**What you need to do:** Give back each line below verbatim.

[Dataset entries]

# # #

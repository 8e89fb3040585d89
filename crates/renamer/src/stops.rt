//! Tells why the program stopped.
ghost use Rattle.std.specs.Prelude.{◌≡◌, IfOk, string_bytes};
ghost use Rattle.program_ends.specs.Calls.{sink_call};
ghost use Rattle.program_ends.specs.Ending.{TellsEnd};
ghost use Rattle.renamer.specs.Answers.{refusal_line};
ghost use Rattle.renamer.specs.Codes.{end_of};
ghost use Rattle.renamer.specs.Telling.{TellsRefusal, TellsError, usage_line};

use crate::refusal::{Refusal, RequestError};
use crate::status::RenameStatus;
use program_ends::{Stop, numbered_line, refuse, tell, tell_line};
use report_ends::Sink;
use std::alloc::{AllocError, Global};

/// The line on words that are refused.
pub const USAGE: &str = "usage: renamer SYMBOL NAME\n";

/// Answers words that aren't a symbol's number and a name.
pub(crate) fn refuse_words<E: Sink>(errs: &mut E) -> RenameStatus
    ensures { TellsEnd (sink_call E.held E.faults errs.old errs.new) usage_line Stop.Usage
        (end_of result) }
{
    refuse(USAGE, errs)
}

fn refusal_line(alloc: Global, refusal: Refusal) -> Result<String, AllocError>
    ensures { IfOk result (λ line. string_bytes line ≡ refusal_line refusal) }
{
    match refusal {
        Refusal::NoSymbol(symbol) => numbered_line(alloc, "rename: no symbol ", symbol.index()),
        Refusal::BadName => String::from_str(alloc, "rename: bad name\n"),
        Refusal::Fixed(node) => numbered_line(alloc, "rename: name fixed at node ", node.index()),
        Refusal::Differs(node) => numbered_line(alloc, "rename: differs at node ", node.index()),
    }
}

/// Tells a refusal's line, and answers `Refused`, or that memory is wanting. The sink has taken a prefix of the line
/// then, and also where it failed.
fn tell_refusal<E: Sink>(alloc: Global, refusal: Refusal, errs: &mut E) -> RenameStatus
    ensures { TellsRefusal (sink_call E.held E.faults errs.old errs.new) (refusal_line refusal)
        (end_of result) }
{
    let Ok(line) = refusal_line(alloc, refusal) else {
        return RenameStatus::Memory;
    };
    match tell_line(&line, errs) {
        Ok(()) => RenameStatus::Refused,
        Err(_) => RenameStatus::Memory,
    }
}

/// Tells why a request isn't done.
pub(crate) fn tell_error<E: Sink>(alloc: Global, error: &RequestError, errs: &mut E) -> RenameStatus
    ensures { TellsError (sink_call E.held E.faults errs.old errs.new) error.now (end_of result) }
{
    match error {
        RequestError::Refused(refusal) => tell_refusal(alloc, *refusal, errs),
        RequestError::Stopped(cause) => tell(alloc, cause, errs),
    }
}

# # #

**Solution:**
repository 8e89fb3040585d89
filename crates/renamer/src/stops.rt
//! Tells why the program stopped.
ghost use Rattle.std.specs.Prelude.{◌≡◌, IfOk, string_bytes};
ghost use Rattle.program_ends.specs.Calls.{sink_call};
ghost use Rattle.program_ends.specs.Ending.{TellsEnd};
ghost use Rattle.renamer.specs.Answers.{refusal_line};
ghost use Rattle.renamer.specs.Codes.{end_of};
ghost use Rattle.renamer.specs.Telling.{TellsRefusal, TellsError, usage_line};

use crate::refusal::{Refusal, RequestError};
use crate::status::RenameStatus;
use program_ends::{Stop, numbered_line, refuse, tell, tell_line};
use report_ends::Sink;
use std::alloc::{AllocError, Global};

/// The line on words that are refused.
pub const USAGE: &str = "usage: renamer SYMBOL NAME\n";

/// Answers words that aren't a symbol's number and a name.
pub(crate) fn refuse_words<E: Sink>(errs: &mut E) -> RenameStatus
    ensures { TellsEnd (sink_call E.held E.faults errs.old errs.new) usage_line Stop.Usage
        (end_of result) }
{
    refuse(USAGE, errs)
}

fn refusal_line(alloc: Global, refusal: Refusal) -> Result<String, AllocError>
    ensures { IfOk result (λ line. string_bytes line ≡ refusal_line refusal) }
{
    match refusal {
        Refusal::NoSymbol(symbol) => numbered_line(alloc, "rename: no symbol ", symbol.index()),
        Refusal::BadName => String::from_str(alloc, "rename: bad name\n"),
        Refusal::Fixed(node) => numbered_line(alloc, "rename: name fixed at node ", node.index()),
        Refusal::Differs(node) => numbered_line(alloc, "rename: differs at node ", node.index()),
    }
}

/// Tells a refusal's line, and answers `Refused`, or that memory is wanting. The sink has taken a prefix of the line
/// then, and also where it failed.
fn tell_refusal<E: Sink>(alloc: Global, refusal: Refusal, errs: &mut E) -> RenameStatus
    ensures { TellsRefusal (sink_call E.held E.faults errs.old errs.new) (refusal_line refusal)
        (end_of result) }
{
    let Ok(line) = refusal_line(alloc, refusal) else {
        return RenameStatus::Memory;
    };
    match tell_line(&line, errs) {
        Ok(()) => RenameStatus::Refused,
        Err(_) => RenameStatus::Memory,
    }
}

/// Tells why a request isn't done.
pub(crate) fn tell_error<E: Sink>(alloc: Global, error: &RequestError, errs: &mut E) -> RenameStatus
    ensures { TellsError (sink_call E.held E.faults errs.old errs.new) error.now (end_of result) }
{
    match error {
        RequestError::Refused(refusal) => tell_refusal(alloc, *refusal, errs),
        RequestError::Stopped(cause) => tell(alloc, cause, errs),
    }
}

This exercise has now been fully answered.